A few different looks at the dimensions of risk in early-stage startups. Not a sufficient framework for evaluating an idea (from the founder or venture capitalist perspective), but a good start in categorizing major risk vectors. Startups are high-risk and have a corresponding risk-return profile to show for it. But classifying, mitigating, and thinking through the risks might be helpful.
Market risk — The only thing that matters (according to Marc Andreessen). If the market doesn’t exist, even the best teams can’t sell into it.
Even if the market exists (or will exist) — you can divide market risk into two different categories:
- Timing risk — Is the startup either (1) too early or (2) too late to the market? Often the accompanying question is, why now? I think the most common failure mode is “too early” — lots of entrepreneurs have mistakenly believed that they were “too late” when they were simply much deeper into the problem space than everyone else. The first-mover advantage is overrated.
- Total addressable market (TAM) risk— Sometimes, the market might be valid and timely, but the size isn’t big enough to support venture-sized returns. For the most part, software markets tend to be long-tailed when they exist.
Andy Rachleff puts it like this:
When a great team meets a lousy market, market wins.
When a lousy team meets a great market, market wins.
When a great team meets a great market, something special happens.
Execution risk — Can the team build and sell the product? Do they have the right skills to scale the company? Do they have access to the talent they need? Can the company navigate capital management, people management, and more? Will the company be able to execute on its goals to get to the next milestone?
Technical risk — A corollary of execution risk is technical risk — can the product be built? Exogenous variables can prevent even great teams from reaching their ambitious goals. Most important for companies that are dealing with hardware or cutting-edge research.
Platform Risk — Relevant in the era of foundational models and tech giants. Past examples of this failure mode are Zynga/Facebook, and all of the companies that built on Twitter’s API (before it was shut down for the first time). Current examples might be companies building AI products on foundational model providers (e.g., OpenAI) or open-source companies selling managed services on cloud providers (e.g. Elastic/AWS).

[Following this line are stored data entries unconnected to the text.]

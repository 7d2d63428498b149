//! The lines of a text before its first record, and how far its records have come.
//!
//! LOG stands first. DBID has to be there before the first record; FIRST and NEXT are those of the records where they are left
//! out.
ghost use Rattle.std.specs.Prelude.{◌≡◌, ◌+◌, ◌≤◌, ◌==◌, ◌||◌, if◌then◌else◌, Ok, Err, IfOk};
ghost use Rattle.rl_value.specs.Order.{same_bytes};
ghost use Rattle.redo_text.specs.Heading.{no_heading, number_alone, given_once, heading_line, behind_log, heading_said, is_heading_word, number_or, scn_after, scn_said, greater, begun_after, next_of, number_there, header_said};

use redo_lines::{LineFault, is_word, number_of};
use redo_spec::Header;
use rl_value::Bytes;

/// What the heading has said so far.
#[derive(Clone, Copy, Debug, PartialEq, Eq)]
pub struct Heading {
    /// The log sequence number.
    pub seq: Option<u32>,
    /// The database's id.
    pub dbid: Option<u32>,
    /// The least SCN that a record may have.
    pub first: Option<u64>,
    /// The SCN above those of all records.
    pub next: Option<u64>,
}

/// How far the records have come, from the first one on.
#[derive(Clone, Copy, Debug, PartialEq, Eq)]
pub struct Begun {
    /// How many there are.
    pub count: u32,
    /// The SCN of the last one.
    pub scn: u64,
    /// The SCN of the first one.
    pub first: u64,
    /// The greatest SCN among them.
    pub greatest: u64,
}

pub(crate) fn no_heading() -> Heading
    ensures { result ≡ no_heading }
{
    Heading {
        seq: None,
        dbid: None,
        first: None,
        next: None,
    }
}

#[tactic(auto, unfolding(crate::specs::Heading::number_alone))]
fn number_alone(most: u64, words: &[Bytes]) -> Result<u64, LineFault>
    ensures exact { result ≡ number_alone most words.now }
    ensures most { IfOk result (λ n. n ≤ most) }
{
    match words {
        [] => Err(LineFault::Words),
        [word, others @ ..] => {
            let number = number_of(most, word.bytes())?;
            if !others.is_empty() {
                return Err(LineFault::Words);
            }
            Ok(number)
        }
    }
}

#[tactic(auto, unfolding(crate::specs::Heading::given_once))]
fn once32(given: Option<u32>, words: &[Bytes]) -> Result<Option<u32>, LineFault>
    ensures { result ≡ given_once 4294967295 given words.now }
{
    if given.is_some() {
        return Err(LineFault::Twice);
    }
    let number = number_alone(4294967295, words)?;
    Ok(Some(number as u32))
}

#[tactic(auto, unfolding(crate::specs::Heading::given_once))]
fn once64(given: Option<u64>, words: &[Bytes]) -> Result<Option<u64>, LineFault>
    ensures { result ≡ given_once 18446744073709551615 given words.now }
{
    if given.is_some() {
        return Err(LineFault::Twice);
    }
    let number = number_alone(18446744073709551615, words)?;
    Ok(Some(number))
}

#[tactic(auto, unfolding(crate::specs::Heading::heading_line))]
fn heading_line(heading: Heading, keyword: &[u8], words: &[Bytes]) -> Result<Heading, LineFault>
    ensures { result ≡ heading_line heading keyword.now words.now }
{
    if is_word(keyword, b"DBID") {
        let dbid = once32(heading.dbid, words)?;
        return Ok(Heading {
            seq: heading.seq,
            dbid,
            first: heading.first,
            next: heading.next,
        });
    }
    if is_word(keyword, b"FIRST") {
        let first = once64(heading.first, words)?;
        return Ok(Heading {
            seq: heading.seq,
            dbid: heading.dbid,
            first,
            next: heading.next,
        });
    }
    if is_word(keyword, b"NEXT") {
        let next = once64(heading.next, words)?;
        return Ok(Heading {
            seq: heading.seq,
            dbid: heading.dbid,
            first: heading.first,
            next,
        });
    }
    Err(LineFault::Order)
}

/// The heading after one more line.
#[tactic(auto, unfolding(crate::specs::Heading::heading_said))]
pub(crate) fn heading_of(
    heading: Heading,
    keyword: &[u8],
    words: &[Bytes],
) -> Result<Heading, LineFault>
    ensures { result ≡ heading_said heading keyword.now words.now }
{
    if is_word(keyword, b"LOG") {
        let seq = once32(heading.seq, words)?;
        return Ok(Heading {
            seq,
            dbid: heading.dbid,
            first: heading.first,
            next: heading.next,
        });
    }
    match heading.seq {
        None => Err(LineFault::Order),
        Some(_) => heading_line(heading, keyword, words),
    }
}

pub(crate) fn is_heading_word(keyword: &[u8]) -> bool
    ensures { result ≡ is_heading_word keyword.now }
{
    is_word(keyword, b"LOG")
        || is_word(keyword, b"DBID")
        || is_word(keyword, b"FIRST")
        || is_word(keyword, b"NEXT")
}

// One above the record before.
fn scn_after(heading: Heading, begun: Option<Begun>) -> Result<u64, LineFault>
    ensures { result ≡ scn_after heading begun }
{
    match begun {
        None => Ok(number_or(1, heading.first)),
        Some(begun) => above(begun.scn),
    }
}

fn above(scn: u64) -> Result<u64, LineFault>
    ensures { result ≡ (if scn == 18446744073709551615 then Err LineFault.Number else Ok (scn + 1)) }
{
    if scn == u64::MAX {
        return Err(LineFault::Number);
    }
    Ok(scn + 1)
}

fn number_or(otherwise: u64, given: Option<u64>) -> u64
    ensures { result ≡ number_or otherwise given }
{
    match given {
        None => otherwise,
        Some(number) => number,
    }
}

/// The SCN of a record, by the words behind RECORD.
#[tactic(auto, unfolding(crate::specs::Heading::scn_said))]
pub(crate) fn scn_of(
    heading: Heading,
    begun: Option<Begun>,
    words: &[Bytes],
) -> Result<u64, LineFault>
    ensures { result ≡ scn_said heading begun words.now }
{
    match words {
        [] => scn_after(heading, begun),
        [_, ..] => number_alone(18446744073709551615, words),
    }
}

fn greater(a: u64, b: u64) -> u64
    ensures { result ≡ greater a b }
{
    if a < b { b } else { a }
}

/// One record more.
#[tactic(auto, unfolding(crate::specs::Heading::begun_after))]
pub(crate) fn begun_after(begun: Option<Begun>, scn: u64) -> Result<Begun, LineFault>
    ensures { result ≡ begun_after begun scn }
{
    match begun {
        None => Ok(Begun {
            count: 1,
            scn,
            first: scn,
            greatest: scn,
        }),
        Some(begun) => {
            if begun.count == u32::MAX {
                return Err(LineFault::Many);
            }
            Ok(Begun {
                count: begun.count + 1,
                scn,
                first: begun.first,
                greatest: greater(begun.greatest, scn),
            })
        }
    }
}

fn next_of(given: Option<u64>, begun: Begun) -> Result<u64, LineFault>
    ensures { result ≡ next_of given begun }
{
    match given {
        Some(next) => Ok(next),
        None => above(begun.greatest),
    }
}

pub(crate) fn number_there(given: Option<u32>) -> Result<u32, LineFault>
    ensures { result ≡ number_there given }
{
    match given {
        None => Err(LineFault::Order),
        Some(number) => Ok(number),
    }
}

/// The header of the log, when all of its records have come.
#[tactic(auto, unfolding(crate::specs::Heading::header_said))]
pub(crate) fn header_of(heading: Heading, begun: Begun) -> Result<Header, LineFault>
    ensures { result ≡ header_said heading begun }
{
    let seq = number_there(heading.seq)?;
    let dbid = number_there(heading.dbid)?;
    let next = next_of(heading.next, begun)?;
    Ok(Header {
        seq,
        dbid,
        first: number_or(begun.first, heading.first),
        next,
        count: begun.count,
    })
}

Business model risk — Less of an issue when it comes to pure software models, but I believe that it’s probably more relevant now that there’s a cloud and infrastructure tax (are you just reselling storage or compute?). You could probably put GTM strategies into this as well, although those are much easier to iterate early on with the right team.
Some more minor ones:
- Capital structure risk — Does the company have a capitalization table that makes it hard for future investors to invest (e.g., stacked SAFEs, deep preference stacks, and unwieldy terms)?
- Legal/Regulatory risk — particularly for crypto startups, the lack of a legal framework or the emergence of a new policy can be an existential threat to the business.